Poesia
Amelia Rosselli, versi di libertà
Poetessa, organista ed etnomusicologa, Amelia Rosselli (1930-1996) nel corso della sua tormentata esistenza si sentì sempre una rifugiata: nacque a Parigi dove il padre e lo zio, Carlo e Nello Rosselli, si erano rifugiati per sfuggire al regime fascista; che riuscì invece ad assassinarli nel 1937, e ad appena sette anni fuggì di nuovo con la madre prima in Svizzera e poi negli Stati Uniti, rientrando in Italia soltanto nel 1946. Le rende omaggio Sara Sermini, ricercatrice nell’ambito della poesia italiana del Novecento, attraverso un sentito e toccante volume che va al di là dello studio accademico, cercando di inerpicarsi sulle strade impervie della conoscenza di una personalità complessa come quella della Rosselli mettendone in luce l’entusiastico desiderio di agire, di far sentire la propria voce in un’Italia tutta da ricostruire, materialmente e moralmente.
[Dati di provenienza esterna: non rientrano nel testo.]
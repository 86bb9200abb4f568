// `FILE`: an ELF file. Tests that `read_image` takes a file of 1 MiB, and refuses one with a byte more; and that an image of no
// segments is refused.

use crate::SCHEMES;
use crate::rows::expect;
use exec_segments::{Image, read_image};
use process_model::BadImage;
use std::alloc::{AllocError, Global};
use sv39_entry::Scheme;

/// A file header, one program header, and the four bytes of its segment: code at 0, of one page. Its process has its guard at
/// 0x1000 and its stack at 0x2000.
pub(crate) const FILE: &[u8; 124] = b"\x7fELF\x02\x01\x01\0\0\0\0\0\0\0\0\0\x02\0\xf3\0\x01\0\0\0\
    \0\0\0\0\0\0\0\0\x40\0\0\0\0\0\0\0\0\0\0\0\0\0\0\0\0\0\0\0\x40\0\x38\0\x01\0\0\0\0\0\0\0\
    \x01\0\0\0\x05\0\0\0\x78\0\0\0\0\0\0\0\0\0\0\0\0\0\0\0\0\0\0\0\0\0\0\0\
    \x04\0\0\0\0\0\0\0\0\x10\0\0\0\0\0\0\0\x10\0\0\0\0\0\0\x13\x05\0\0";

/// The check that the file fails with zeros appended up to a length in bytes; `None` if it is accepted.
fn with_length(alloc: Global, length: usize) -> Result<Option<BadImage>, AllocError> {
    let mut bytes = Vec::from_slice(alloc, FILE)?;
    bytes.resize(length, 0)?;
    Ok(read_image(Scheme::Sv39, &bytes).err())
}

#[test]
fn takes_a_mebibyte(rt: HostRuntime) {
    let too_long = Some(BadImage::TooLong);
    expect(&rt, 0, with_length(rt.alloc(), 1_048_576), Ok(None));
    expect(&rt, 1, with_length(rt.alloc(), 1_048_577), Ok(too_long));
}

#[test]
fn refuses_no_segments(rt: HostRuntime) {
    for scheme in SCHEMES {
        let told = Image::from_segments(scheme, &[]).err();
        expect(&rt, 0, told, Some(BadImage::NoLoad));
    }
}
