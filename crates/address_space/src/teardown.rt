// Calls that release: `Space::drop_pages` unmaps a range of pages and drops the references to their frames; `Space::destroy`
// ends a space with its pages, tables, trapframe and frame 0. For the crate also their steps: drop a run of pages, release the
// tables of a space without pages.

ghost use Rattle.std.specs.Prelude.{[], ◌≡◌, ◌^◌, ◌<◌, ◌≤◌, ℕ};
ghost use Rattle.address_space.specs.Agreement.{body_of, HoldsTrapframe, IsSpace, no_extra, IsInMemory, IsAlive};
ghost use Rattle.address_space.specs.Kept.{KeepsPlace};
ghost use Rattle.address_space.specs.SpaceTeardown.{Drops, DropsFirst, DropsIf, DropsRun, IsEmptied, MayDrop, IsStripped};
ghost use Rattle.address_space.specs.SpacesInCalls.{IsSpaceInCall};
ghost use Rattle.address_space.specs.Steps.{IsBare, TakesFrames};
ghost use Rattle.frame_store.specs.Laws.{IsSeatOf, KeepsSeats};
ghost use Rattle.frame_store.specs.View.{hold_of};
ghost use Rattle.process_model.specs.Heap.{without_pages};
ghost use Rattle.process_model.specs.Process.{Process};
ghost use Rattle.sv39_entry.specs.Schemes.{trapframe_page, page_limit};
ghost use Rattle.table_walk.specs.LastTables.{IsLastTable};
ghost use Rattle.table_walk.specs.Tables.{HasTables, Tables};

use crate::space::Space;
use frame_store::{FrameAccess, FrameSeat};
use sv39_entry::{Entry, FrameNo, Scheme, Va, Vpn};
use table_walk::{LastTable, next_leaf_before, release_tables, unmap, unmap_with_last};

/// Removes the leaf of a page that is below `end`, if it has one, and then drops the reference to the frame that it named:
/// no leaf ever names a released frame. Returns whether there was a leaf. `last` is as for `unmap_with_last`.
#[inline(always)]
fn drop_leaf<F: FrameAccess>(
    store: &mut F,
    seat: &mut F::Seat,
    scheme: Scheme,
    root: FrameNo,
    page: Vpn,
    end: u64,
    last: &mut Option<LastTable>,
) -> bool
    requires fits { IsSeatOf F.invariant store.old seat.old }
    requires ready { (t : Tables) × HasTables scheme (F.Seat.view seat.old) root.0 t
        × MayDrop scheme (F.Seat.view seat.old) root.0 t page end × IsLastTable scheme t last.old }
    requires low { end ≤ page_limit scheme }
    ensures dropped { (t : Tables) → HasTables scheme (F.Seat.view seat.old) root.0 t
        → MayDrop scheme (F.Seat.view seat.old) root.0 t page end → IsLastTable scheme t last.old →
        DropsIf scheme result (F.Seat.view seat.old) (F.Seat.view seat.new) root.0 t page end }
    ensures kept { (t : Tables) → HasTables scheme (F.Seat.view seat.old) root.0 t → IsLastTable scheme t last.old → IsLastTable scheme t last.new }
    ensures keeps { KeepsSeats F.invariant store.old seat.old store.new seat.new }
    ensures free { F.alone → F.free store.old ≤ F.free store.new }
{
    if end <= page.number() {
        return false;
    }
    let Some(leaf) = unmap_with_last(store, seat, scheme, root, page, last) else {
        return false;
    };
    let Some(frame) = FrameNo::from_ppn(leaf.ppn()) else {
        unreachable!()
    };
    store.release(seat, frame);
    true
}

/// `drop_leaf` of the first page that has a leaf, from the page number `first` up to, and without, `end`. Returns the number
/// of that page, `None` if there is none. Page `first` is tried by itself: in a run of settled pages it is the one. `last` is
/// as for `unmap_with_last`.
#[inline(always)]
fn drop_first<F: FrameAccess>(
    store: &mut F,
    seat: &mut F::Seat,
    scheme: Scheme,
    root: FrameNo,
    first: u64,
    end: u64,
    last: &mut Option<LastTable>,
) -> Option<u64>
    requires fits { IsSeatOf F.invariant store.old seat.old }
    requires ready { (t : Tables) × HasTables scheme (F.Seat.view seat.old) root.0 t
        × ((page : ℕ) → MayDrop scheme (F.Seat.view seat.old) root.0 t page end) × IsLastTable scheme t last.old }
    requires low { end ≤ page_limit scheme }
    ensures dropped { (t : Tables) → HasTables scheme (F.Seat.view seat.old) root.0 t
        → ((page : ℕ) → MayDrop scheme (F.Seat.view seat.old) root.0 t page end) → IsLastTable scheme t last.old →
        DropsFirst scheme result (F.Seat.view seat.old) (F.Seat.view seat.new) root.0 t first end }
    ensures kept { (t : Tables) → HasTables scheme (F.Seat.view seat.old) root.0 t
        → ((page : ℕ) → MayDrop scheme (F.Seat.view seat.old) root.0 t page end) → IsLastTable scheme t last.old →
        IsLastTable scheme t last.new }
    ensures keeps { KeepsSeats F.invariant store.old seat.old store.new seat.new }
    ensures free { F.alone → F.free store.old ≤ F.free store.new }
{
    let page = Vpn::new(first)?;
    if drop_leaf(store, seat, scheme, root, page, end, last) {
        return Some(first);
    }
    let (page, _) = next_leaf_before(store, seat, scheme, root, page, end)?;
    if !drop_leaf(store, seat, scheme, root, page, end, last) {
        unreachable!()
    }
    Some(page.number())
}

/// Unmaps the settled pages from `first` up to, and without, the page number `end`, and drops the references to their
/// frames. Tables stay.
pub(crate) fn drop_run<F: FrameAccess>(
    store: &mut F,
    seat: &mut F::Seat,
    scheme: Scheme,
    root: FrameNo,
    first: Vpn,
    end: u64,
)
    requires fits { IsSeatOf F.invariant store.old seat.old }
    requires ready { (trapframe : ℕ) × (t : Tables) × (p : Process) × (p.scheme ≡ scheme) × IsInMemory (F.Seat.view seat.old) root.0 trapframe no_extra t p }
    requires low { end ≤ trapframe_page scheme }
    ensures dropped { (trapframe : ℕ) (t : Tables) (p : Process) → p.scheme ≡ scheme → IsInMemory (F.Seat.view seat.old) root.0 trapframe no_extra t p →
        (u : Tables) × DropsRun (F.Seat.view seat.old) (F.Seat.view seat.new) root.0 trapframe t u p first end }
    ensures keeps { KeepsSeats F.invariant store.old seat.old store.new seat.new }
    ensures free { F.alone → F.free store.old ≤ F.free store.new }
{
    let mut from = first.number();
    let mut last = None;
    'pages: while let Some(page) = drop_first(store, seat, scheme, root, from, end, &mut last) {
        from = page + 1;
    }
}

/// Releases the tables of a space without pages: removes TRAPFRAME's leaf, then TRAMPOLINE's, and then all tables. The seat
/// keeps the frames of these two pages.
pub(crate) fn release_emptied<F: FrameAccess>(
    store: &mut F,
    seat: &mut F::Seat,
    scheme: Scheme,
    root: FrameNo,
)
    requires fits { IsSeatOf F.invariant store.old seat.old }
    requires emptied { (trapframe : ℕ) × (t : Tables) × IsEmptied scheme (F.Seat.view seat.old) root.0 trapframe t }
    ensures strips { (trapframe : ℕ) (t : Tables) → IsEmptied scheme (F.Seat.view seat.old) root.0 trapframe t →
        IsStripped (F.Seat.view seat.old) (F.Seat.view seat.new) trapframe }
    ensures keeps { KeepsSeats F.invariant store.old seat.old store.new seat.new }
    ensures free { F.alone → F.free store.old ≤ F.free store.new }
{
    unmap(store, seat, scheme, root, scheme.trapframe().page());
    unmap(store, seat, scheme, root, scheme.trampoline().page());
    release_tables(store, seat, scheme, root);
}

impl<S: FrameSeat> Space<S> {
    /// Unmaps the settled pages from `first` up to, and without, `end`, which is TRAPFRAME or below, and drops the
    /// references to their frames. Page tables stay, even empty. Makes no fence: the caller must.
    pub fn drop_pages<F: FrameAccess<Seat = S>>(&mut self, store: &mut F, first: Vpn, end: Vpn)
        requires fits { IsSeatOf F.invariant store.old self.old.seat }
        requires ready { IsAlive (body_of S.view self.old) }
        requires low { end ≤ trapframe_page self.old.layout.scheme }
        ensures dropped { (t : Tables) (p : Process) →
            IsSpace (body_of S.view self.old) t p →
            (u : Tables) × IsSpace (body_of S.view self.new) u (without_pages p first end) × Drops t u first end }
        ensures tallies { TakesFrames (S.view self.old.seat) (S.view self.new.seat) 0 [] }
        ensures place { KeepsPlace self.old self.new }
        ensures keeps { KeepsSeats F.invariant store.old self.old.seat store.new self.new.seat }
        ensures free { F.alone → F.free store.old ≤ F.free store.new }
    {
        let scheme = self.layout.scheme();
        drop_run(
            store,
            &mut self.seat,
            scheme,
            self.root,
            first,
            end.number(),
        );
    }

    /// Takes the space apart: releases its pages and then its tables. Returns the seat and the trapframe's frame. The seat
    /// keeps its credits, frame 0, and the trapframe's frame with what it has and knows of it.
    fn strip<F: FrameAccess<Seat = S>>(self, store: &mut F) -> (S, FrameNo)
        requires fits { IsSeatOf F.invariant store.old self.seat }
        requires ready { (t : Tables) × (p : Process) × IsSpaceInCall (body_of S.view self) t p no_extra }
        ensures trapframe { result.1 ≡ self.trapframe }
        ensures holds { HoldsTrapframe (S.view result.0) self.trapframe.0 }
        ensures saved { hold_of (S.view result.0) self.trapframe.0 ≡ hold_of (S.view self.seat) self.trapframe.0 }
        ensures credits { (S.view result.0).credits ≡ (S.view self.seat).credits }
        ensures tallies { TakesFrames (S.view self.seat) (S.view result.0) 0 [] }
        ensures keeps { KeepsSeats F.invariant store.old self.seat store.new result.0 }
        ensures free { F.alone → F.free store.old ≤ F.free store.new }
    {
        let scheme = self.layout.scheme();
        let end = self.layout.end();
        let Space {
            mut seat,
            root,
            trapframe,
            ..
        } = self;
        drop_run(store, &mut seat, scheme, root, Va(0).page(), end);
        release_emptied(store, &mut seat, scheme, root);
        (seat, trapframe)
    }

    /// Ends the space: releases its pages, its tables, the trapframe's frame and last frame 0. Returns the seat, which holds
    /// no frame and no credit.
    pub fn destroy<F: FrameAccess<Seat = S>>(self, store: &mut F) -> S
        requires fits { IsSeatOf F.invariant store.old self.seat }
        requires ready { IsAlive (body_of S.view self) }
        ensures bare { IsBare (S.view result) }
        ensures tallies { TakesFrames (S.view self.seat) (S.view result) 0 [] }
        ensures keeps { KeepsSeats F.invariant store.old self.seat store.new result }
        ensures free { F.alone → F.free store.old ≤ F.free store.new }
    {
        let (mut seat, trapframe) = self.strip(store);
        store.release(&mut seat, trapframe);
        store.release(&mut seat, FrameNo(0));
        seat
    }
}
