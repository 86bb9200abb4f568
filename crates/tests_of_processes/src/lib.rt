//! Tests, through public APIs, of what no script shows: that `address_space` counts a process's frames and finds the guard
//! page (`layouts`), and builds the kernel's page table; that `exec_segments` takes files of a mebibyte, and no image without
//! segments; that `hart_machine` and `machine_laws` boot within limits, run lists of steps and keep entries in TLBs; that
//! `file_cabinet` reads and writes pages of files, keeps their lengths and makes promises (reservations of page I/O); and that
//! over both frame stores a process keeps what is stored to it, writes mappings back and gives its frames back, also if a
//! promise or a frame is refused (`stories`: rows, each an operation with the reply that it must get). `SCHEMES`: Sv39 and Sv48.
//! No crate depends on it.
#![tactic(auto)]

#[cfg(test)]
mod cabinets;
#[cfg(test)]
mod file_pages;
#[cfg(test)]
mod file_promises;
#[cfg(test)]
mod images;
#[cfg(test)]
mod initial_parts;
#[cfg(test)]
mod kernel_table;
#[cfg(test)]
mod layouts;
#[cfg(test)]
mod machines;
#[cfg(test)]
mod operation;
#[cfg(test)]
mod perform;
#[cfg(test)]
mod rows;
#[cfg(test)]
mod stores;
#[cfg(test)]
mod stories;

#[cfg(test)]
use sv39_entry::Scheme;

/// Both translation schemes.
#[cfg(test)]
pub(crate) const SCHEMES: [Scheme; 2] = [Scheme::Sv39, Scheme::Sv48];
Azione e povertà sono i due cardini della sua creatività, tesa a cercare l’incontro fra musica e linguaggio poetico, non facilmente etichettabile nello stile, che rispecchia le sue dolorose vicende personali (nel 1949 perse anche la madre), proiettate sullo sfondo di quella difficile Italia. Il suo è comunque un lavoro di ricerca umanistica, prima ancora che artistica, intriso di sensibilità verso chi è costretto a fuggire, chi ha le ore contate per agire,
Sermini presenta l’opera di Rosselli alla luce degli autori che l’hanno in una certa misura influenzata, da Kafka a Eliot a Kierkegaard, e le istillarono riflessioni sulla difficoltà di mantenere una volontà salda nel corso dell’esistenza; riflessioni che rivelano una personalità inquieta, ossessionata dalla necessità della responsabilità (cardine dell’azione umana), e insieme incerta se ammettere o meno l’esistenza di una volontà divina che potrebbe guidare queste scelte. C’è quindi la necessità di “fare i conti con la realtà più mistica della realtà stessa”. Soltanto la scrittura sembra essere la via dell’azione pura e disinteressata, sulla via di quella verità che però “I paesani zoppicanti, i poveri, i clown, i fool, gli idiots de village” sono i soli a conoscere, con il paradosso di “non sapere di conoscerla”.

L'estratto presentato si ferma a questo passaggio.